Der springende Punkt war ganz einfach, dass niemand in der Lage war, das Wasser, aus der Lunge zu bekommen.
Was nun die 2 Taucher aus diesem Dreierteam, später sagten, kann nicht auf Wahrheitsmäßigkeit von mir geprüft werden, dieses müssen Sie mit ihrem Gewissen selber ausmachen, vielleicht reagiert man als Arzt (beide sind Ärzte, ich weis nicht welche Richtung, tut auch nicht zur Sache) gegenüber dem Tod anders. Von der ägyptischen Polizei wurde auch nur der Mann des Artzehepaars vernommen.
Noch zur der Tauchbasis, aus einem Gespräch mit Peter (Leiter der Basis), lag auch eine Tauchuntersuchungsbescheinigung der Tauchbasis vor, wo der untersuchende Arzt dem Patienten bescheinigte, trotz seiner Krankheit (Bluthochdruck usw.) tauchen zu können.
Nach meiner Ansicht ist eigentlich der verunglückte Taucher selbst Schuld, da er trotz Bluthochdruck und nicht ausreichendem trainierten Körper taucht bzw. sollte man seine Tauchuntersuchung bei einem richtigen Taucharzt oder Klinik für Tauchmedizin machen lassen und nicht um der Ecke beim prakt. Arzt.
Was heißt in einem Schreiben, man geht zusammen vom Tauchboot (gleichzeitig), soll das ein Rudeltauchgang werden und mit der Ersten Hilfe beim Führerschein kommt man auch nicht weiter, bei einem Tauchunfall mit einem Ertrunkenen.
Fazit: Von mir wird ein Seminar besucht, HLW oder ähnliches speziell vielleicht für Taucher, damit ich noch besser reagieren kann.
Gruss
Antwort von Stephan K. am 13.11.2004 - 15:21 Tja, der einzige der richtige Angaben (Trennungsgrund) machen könnte ist tot.
Aber nochmal zum Restdruck:
Ich war eben im Schwimmbad und habe bei mit einem fremden Jacket getaucht und absichtlich die Flasche leergeatmet. Und damit meine ich wirklich leer, trotzdem zeigte der Finimeter noch 20 bar an.
Was ich damit sagen möchte ist, dass ein Finimeter genau sein sollte, aber nicht sein muss. Insbesonders Leihequiptment kann auch verstellt sein.

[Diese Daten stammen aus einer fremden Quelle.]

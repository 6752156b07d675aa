//! The coins of one time in the slots of a string.

ghost use Rattle.std.specs.Prelude.{◌≡◌, ◌≤◌, ◌^◌, IfOk, length};
ghost use Rattle.tl_definitions.specs.Region.{Region as RegionShape, inner_corners};
ghost use Rattle.tl_bits.specs.Bits.{bit_at, words_for};
ghost use Rattle.tl_layout.specs.declared.layout.Layout.{Layout as LayoutShape};
ghost use Rattle.tl_layout.specs.Coins.{ArePiecesOf};
ghost use Rattle.tl_layout.specs.Layouts.{IsLayoutOf, size_of};
ghost use Rattle.tl_packing.specs.Packing.{HasCoins};

use std::alloc::{AllocError, Global};
use tl_bits::Bits;
use tl_kept::Kept;
use tl_layout::{Layout, Pieces};
use tl_region::Region;

/// The random bits of a sample, and those of one time laid out as coins.
#[derive(Drop)]
pub struct Coins<B: Bits> {
    pub(crate) kept: Kept<B>,
    pub(crate) pieces: Pieces,
    pub(crate) words: Vec<u64>,
    // the time whose coins are laid out, and 0 before the first
    pub(crate) laid: u64,
    ghost one_count: { pieces.words ≡ B.words kept.bits },
    ghost size: { length words.items ≡ pieces.size },
    ghost laid_out: { (R : RegionShape) (l : LayoutShape) → ArePiecesOf R l pieces → 1 ≤ laid
        → HasCoins R l.height l.first (bit_at (B.word_at kept.bits) laid) words.items },
}

impl<B: Bits> Coins<B> {
    /// Room for the coins of a region, with these bits.
    ///
    /// # Errors
    /// Want of memory.
    pub fn new(
        alloc: Global,
        region: &Region,
        layout: &Layout,
        bits: B,
        words: u32,
    ) -> Result<Coins<B>, AllocError>
        requires layout { IsLayoutOf region.now layout.now }
        requires count { words ≡ B.words bits }
        requires few { words ≤ 2 ^ 15 }
        requires words { B.words bits ≡ words_for (length (inner_corners region.now)) }
        ensures pieces { IfOk result (λ coins. ArePiecesOf region.now layout.now coins.pieces) }
        ensures bits { IfOk result (λ coins. coins.kept.bits ≡ bits) }
    {
        let pieces = Pieces::of(alloc, region, layout)?;
        Ok(Coins {
            kept: Kept::new(alloc, bits, words)?,
            words: vec![in alloc; 0u64; layout.size()]?,
            pieces,
            laid: 0,
        })
    }

    /// Sets other bits.
    pub fn set_bits(&mut self, bits: B)
        requires { B.words bits ≡ B.words self.old.kept.bits }
        ensures bits { self.new.kept.bits ≡ bits }
        ensures pieces { self.new.pieces ≡ self.old.pieces }
    {
        self.kept.set_bits(bits);
        self.laid = 0;
    }

    /// Keeps the words of the times from -1 to this one, as far as there is room.
    pub fn keep(&mut self, last: u64)
        requires { last ≤ 2 ^ 30 }
        ensures words { B.words self.new.kept.bits ≡ B.words self.old.kept.bits }
        ensures function { B.word_at self.new.kept.bits ≡ B.word_at self.old.kept.bits }
        ensures pieces { self.new.pieces ≡ self.old.pieces }
    {
        self.kept.keep(last);
    }

    /// Lays out the coins of the time `-time`, where they aren't there yet.
    pub(crate) fn lay_out(&mut self, time: u64)
        requires first_time { 1 ≤ time }
        requires last_time { time ≤ 2 ^ 30 }
        ensures laid { self.new.laid ≡ time }
        ensures words { B.words self.new.kept.bits ≡ B.words self.old.kept.bits }
        ensures function { B.word_at self.new.kept.bits ≡ B.word_at self.old.kept.bits }
        ensures pieces { self.new.pieces ≡ self.old.pieces }
    {
        if self.laid != time {
            self.kept.lay_out(&self.pieces, time, &mut self.words);
            self.laid = time;
        }
    }
}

Deshalb behaupte ich einfach, dass die Flasche des Toten leer ist und er ertrunken ist.
Einerseits spricht das auch für die Einhaltung der 30 Bar Restdruck in der Flasche und ausserdem sollte man ab und zu mal gegentesten ob der eigene Finimeter/Compi den korrekten Druck anzeigen.
Man brauch doch nur an ein und derselben Flasche (vorzugsweise eine leere PTG mit ca. 30 bar nehmen) mehrere Finimeter abwechselnd anschliessen. Dann weiss man ob man seine Instrumente mal zur Eichung geben sollte.
Wahrscheinlich wieder mal ein Todesfall auf Grund von Kleinigkeiten, die summiert so ein tragisches Ende nehmen.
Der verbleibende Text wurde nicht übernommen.